The reason behind the new lines is simply saving costs. Sure yeah, thanks for the article. Well it really is. Large companies usually outsource secondary / complementary lines of their business, for reasons that we don't need to discuss now. It's fairly simple - GW focuses on their core business which is selling miniatures, and the games in which these minis are based. They can of course also sell you paints, brushes, cases and even orange juices if need be. The simplest way to go about this is to go meet the larger suppliers of these products and send them an RFP (request for proposal). This is basically a document in which they disclose what their looking for (i.e. what type of quality, prices, volumes and guarantees) and they just screw with it the main suppliers, those big enough to support the large volumes GW is going to be asking of them, big enough to be reliable and to respond to unexpected issues, which I can tell you happen often.
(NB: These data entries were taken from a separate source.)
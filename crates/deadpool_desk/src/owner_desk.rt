//! What a pool's owner asks of it: one step at a time, each with its reply.
//!
//! A get makes none of these: it knows its pool as a `Desk`. A retain asks about each object, so it is a call of its
//! own.
ghost use Rattle.std.specs.Prelude.{Result};
ghost use Rattle.std.specs.declared.alloc.AllocError.{AllocError};
ghost use Rattle.deadpool_desk.specs.Replies.{IsOwnerReplyTo};
ghost use Rattle.deadpool_desk.specs.Retained.{Retained};
ghost use Rattle.deadpool_desk.specs.declared.owner_step.OwnerReply.{OwnerReply};
ghost use Rattle.deadpool_desk.specs.declared.owner_step.OwnerStep.{OwnerStep};
ghost use Rattle.deadpool_desk.specs.declared.retain.Retainer.{Ghosts as RetainerOf};

use crate::{OwnerReply, OwnerStep, RetainResult, Retainer};
use std::alloc::AllocError;

/// The steps of a pool's owner. An implementation states by its relations when each reply comes, and what it leaves.
pub trait OwnerDesk<T> {
    // It holds of a step with its reply, and the desks before and after.
    ghost makes: { Self → OwnerStep → OwnerReply → Self → Type 0 };

    // This holds of the retainers before and after the step too.
    ghost retains: { (R L : Type 0) → RetainerOf R T L → Self → R → Result (Retained L) AllocError → Self → R
        → Type 0 };

    /// Makes one step.
    fn make_for_owner(&mut self, step: &OwnerStep) -> OwnerReply
        ensures made { makes self.old step.now result self.new }
        ensures fits { IsOwnerReplyTo step.now result };

    /// Asks about each idle object once, front to back. One that is not kept is given up and detached there and then,
    /// before the next question. Where no more are idle than the pool's least number, as far as the limit allows, an
    /// object stays though it is not kept: it is not detached, and counts as retained. The list of the values takes
    /// memory first, for as many as are idle: where none is found,
    /// nothing is asked and nothing has changed. With nothing idle it takes none.
    fn retain<R: Retainer<T>>(
        &mut self,
        retainer: &mut R,
    ) -> Result<RetainResult<R::Left>, AllocError>
        requires { R.can_call retainer.old }
        ensures retained { retains R R.Left R.Retainer
            self.old retainer.old result self.new retainer.new }
        ensures can_call { R.can_call retainer.new };
}
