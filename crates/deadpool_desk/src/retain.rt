//! What a retain asks, and what it gives.
ghost use Rattle.std.specs.Prelude.{◌≡◌, [], ⊤, ℕ, Bool, IfOk};

use std::alloc::{AllocError, Global};
use std::marker::Model;

/// Says which idle objects a retain keeps, and takes the value of each that is given up. It may change with each call.
///
/// An implementation states by its relations which answers its calls may give. By default every answer is allowed.
pub trait Retainer<T> {
    /// What it leaves of a value.
    type Left: Drop;

    // Holds of the retainers that may be called, and again of what each call leaves.
    ghost can_call: { Self → Type 0 } = { λ _. ⊤ };

    // Holds of each answer about an object's number and value, with the retainer that it leaves.
    ghost may_keep: { Self → ℕ → T → Bool → Self → Type 0 } = { λ _ _ _ _ _. ⊤ };

    // Holds of all that `detach` may leave of a value, with the retainer that it leaves.
    ghost may_detach: { Self → T → Self.Left → Self → Type 0 } = { λ _ _ _ _. ⊤ };

    /// Says whether an idle object is kept.
    fn keeps(&mut self, number: usize, value: &T) -> bool
        requires { can_call self.old }
        ensures answer { may_keep self.old number value.now result self.new }
        ensures can_call { can_call self.new };

    /// Takes the value of an object that is given up, and gives what is left of it.
    fn detach(&mut self, value: T) -> Self::Left
        requires { can_call self.old }
        ensures answer { may_detach self.old value result self.new }
        ensures can_call { can_call self.new };
}

/// An object that a retain gave up: how many idle objects stood before it, and its number.
#[derive(Clone, Copy, Debug, PartialEq, Eq)]
pub struct Removal {
    pub position: usize,
    pub number: usize,
}

/// The objects that a retain gave up, in order. Contracts see them as a list.
#[derive(Debug, Drop)]
pub struct Removals {
    removals: Vec<Removal>,
}

impl Model for Removals {
    ghost use Rattle.std.specs.Prelude.{List};
    ghost use Rattle.deadpool_desk.specs.declared.retain.Removal.{Removal};

    ghost Value = { List Removal };

    ghost view = { λ r. r.removals.items };
}

impl PartialEq for Removals {
    ghost use Rattle.std.specs.Cmp.Lexicographic.{pointwise, lists_per};
    ghost use Rattle.std.specs.Cmp.Rules.{comparing};
    ghost use Rattle.std.proofs.Common.{rules};

    ghost eq = { pointwise ⟦<Removal as PartialEq>⟧.eq };

    ghost laws = { lists_per (Prim.search (comparing, rules)) };

    fn eq(&self, other: &Removals) -> bool {
        self.removals == other.removals
    }
}

impl Removals {
    /// The objects of this list.
    pub fn new(removals: Vec<Removal>) -> Self
        ensures { result ≡ removals.items }
    {
        Removals { removals }
    }

    /// They, front to back.
    pub fn as_slice(&self) -> &[Removal]
        ensures { result.now ≡ self.now }
    {
        self.removals.as_slice()
    }

    /// A copy of them.
    pub fn copied(&self) -> Result<Removals, AllocError>
        ensures { IfOk result (λ removals. removals ≡ self.now) }
    {
        let removals = self.removals.clone()?;
        Ok(Removals { removals })
    }
}

/// What became of the idle objects in a retain.
#[derive(Debug, Drop)]
pub struct RetainResult<T> {
    /// How many stay.
    pub retained: usize,
    /// What `detach` left of the others, in order.
    pub removed: Vec<T>,
}

impl<T> Model for RetainResult<T> {
    ghost use Rattle.deadpool_desk.specs.Retained.{Retained};

    ghost Value = { Retained T };

    ghost view = { λ r. record { retained = r.retained; removed = r.removed.items } };
}

impl<T> RetainResult<T> {
    /// What a retain gives where nothing is idle. It takes no memory.
    pub fn empty(alloc: Global) -> Self
        ensures { result ≡ record { retained = 0; removed = [] } }
    {
        RetainResult {
            retained: 0,
            removed: Vec::new(alloc),
        }
    }
}
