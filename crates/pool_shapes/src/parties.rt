//! A shape for each party of a trial.
ghost use Rattle.std.specs.Prelude.{◌≡◌, IfOk};
ghost use Rattle.pool_shapes.specs.Shapes.{ShowsParties, UnmanagedShowsParties};

use crate::marks::Shape;
use crate::{shape_of, unmanaged_shape_of};
use deadpool_managed::{AsyncHook, Manager, SyncHook};
use deadpool_trial::{Trial, unmanaged};
use std::alloc::AllocError;

/// Puts a shape for each party in place of those that were there, by the party's number. `given` has what each party
/// was given.
pub fn show_parties<M: Manager, F: SyncHook<M>, A: AsyncHook<M>, C: Drop>(
    trial: &mut Trial<M, F, A, C>,
    given: &[Option<usize>],
    shapes: &mut Vec<Shape>,
) -> Result<(), AllocError>
    ensures shows { IfOk result (λ _. ShowsParties trial.old.pool given.now shapes.new.items) }
    ensures same { trial.new ≡ trial.old }
{
    shapes.clear();
    for party in 0..given.len() {
        shapes.push(shape_of(trial.look(party), given[party]))?;
    }
    Ok(())
}

/// The same for an unmanaged pool.
pub fn show_unmanaged_parties<T: Drop>(
    trial: &mut unmanaged::Trial<T>,
    given: &[Option<usize>],
    shapes: &mut Vec<Shape>,
) -> Result<(), AllocError>
    ensures shows { IfOk result (λ _. UnmanagedShowsParties trial.old given.now shapes.new.items) }
    ensures same { trial.new ≡ trial.old }
{
    shapes.clear();
    for party in 0..given.len() {
        shapes.push(unmanaged_shape_of(trial.look(party), given[party]))?;
    }
    Ok(())
}
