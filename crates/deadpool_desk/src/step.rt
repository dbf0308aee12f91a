//! The steps of a pool that a get or an object makes, as values, and their replies.
use crate::gate::Ticket;

/// A step. An object that it takes or gives is in the hand of whoever makes it.
#[derive(Clone, Copy, Debug, PartialEq, Eq)]
pub enum Step {
    /// A new get asks for a place, and joins the queue where none is free and it may wait.
    Enter { wait: bool },
    /// A get in the queue asks for its place. `expired` says that it has waited long enough.
    Ask { ticket: Ticket, expired: bool },
    /// A get that holds a place is served. It may take so many idle objects; none set is as many as are idle.
    Again { allowance: Option<usize> },
    /// An object that was idle, and is prepared, is given up, and its get keeps the place.
    Discard,
    /// A creation under way has ended well.
    Created,
    /// A creation under way has ended without an object.
    Failed,
    /// A new object is given up.
    Refused,
    /// An object comes back.
    Back,
    /// A get leaves the queue.
    Withdraw { ticket: Ticket },
    /// A get gives back what it holds.
    Cancel(Held),
    /// An object that is out leaves the pool for good, and its place is free.
    Take,
}

/// What a get holds at its desk, if anything: an entry in the queue is none of it.
#[derive(Clone, Copy, Debug, PartialEq, Eq)]
pub enum Held {
    /// A place, and nothing else.
    Place,
    /// A creation under way.
    Creation,
    /// An object that it prepares or has given out.
    Object,
}

/// The reply to a step.
#[derive(Clone, Copy, Debug, PartialEq, Eq)]
pub enum Reply {
    /// An idle object is in the hand, and this poll may take so many more.
    Object { left: usize },
    /// A creation has begun, and is counted.
    Create,
    /// Objects are idle, but this poll may take no more. The get keeps its place.
    Going,
    /// No object number is left. The get has no place any more.
    Exhausted,
    Closed,
    /// No place is free, and the get does not wait.
    Full,
    /// No place is free, and as many gets wait as may.
    Crowded,
    /// The get waits, under this ticket.
    Waiting(Ticket),
    /// The entry in the queue found no memory.
    OutOfMemory,
    /// The get has waited long enough, and left the queue.
    Expired,
    Done,
    /// The new object has this number.
    Number(usize),
    /// The pool keeps the object.
    Kept,
    /// The pool has too many: the object is given up, stays in the hand, and has to be detached.
    Detach,
    /// The pool has no handle left, and no use for the object, which stays in the hand.
    Dropped,
    /// The object has left, and has to be detached if the pool has a handle left.
    Taken { detach: bool },
    /// There is nothing to lower, or nobody has the ticket. Nothing has changed.
    Unknown,
}
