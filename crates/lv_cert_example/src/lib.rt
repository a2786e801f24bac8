//! A worked certificate and its verdict, computed from the definitions. The function does nothing; its clause is the law.
#![tactic(auto)]

ghost use Rattle.lv_cert_example.specs.Laws.{WorkedCertificateIsValid};

/// The model of a valve is accepted, the certificate of its diagnosis after a command to open and no flow seen is valid for
/// it, and without its line 19, which splits the last zone that isn't empty, it is bad at the line that is then the 19th.
pub fn worked_certificate_is_valid()
    ensures { WorkedCertificateIsValid }
{}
So some guy with an expensive suit and a rock hard face sources different suppliers, and closes the deal with the cheapest one. Not the best quality-for-price. Not the one with the most innovative or better product. The cheapest price gets the contract. That's how it goes. Think about it - how many GW customers have actually tried paints other than those that GW sells? and why should them, if GW paints are accessible and easily related to what they want to paint? if someone is actually looking for something different, well they will go to any other brand that focuses on what you're looking for, be it Vallejo for quality, Army Painter to get a couple of platoons ready in Sunday morning... you get the point.
This is the sad, ugly face of business. The new paints are here just because they are cheaper, and once the contract is over (typically 2~4 years) they will look for even a cheaper price. Don't get me wrong, the fact that the whole point is about lowering costs doesn't mean that we users don't get anything out of it. Getting lower costs (and thus improving the margins as the retail prices are kept) means GW could go to market with lower margins in other lines as the paints compensate for it. For example, say the production costs of brushes (of course also outsourced) suddently go up. The higher margin of the paints could help GW to keep the price on the brushes.
Another benefit is that changing the supplier actually helps to redefine the lines, and you fix more easily recurrent problems with the old lines, like the sealing of the pots or certain type of colors that the old supplier could not be getting right. And internally puts the focus in the paint lines and helsp create the appetite to solve other gaps, like that book/video from the 'Eavy Metal team, or the detailed painting guides.
Bottom line is that, even all this is just about money, the users can still get a few good things out of it. Even if GW never considered them.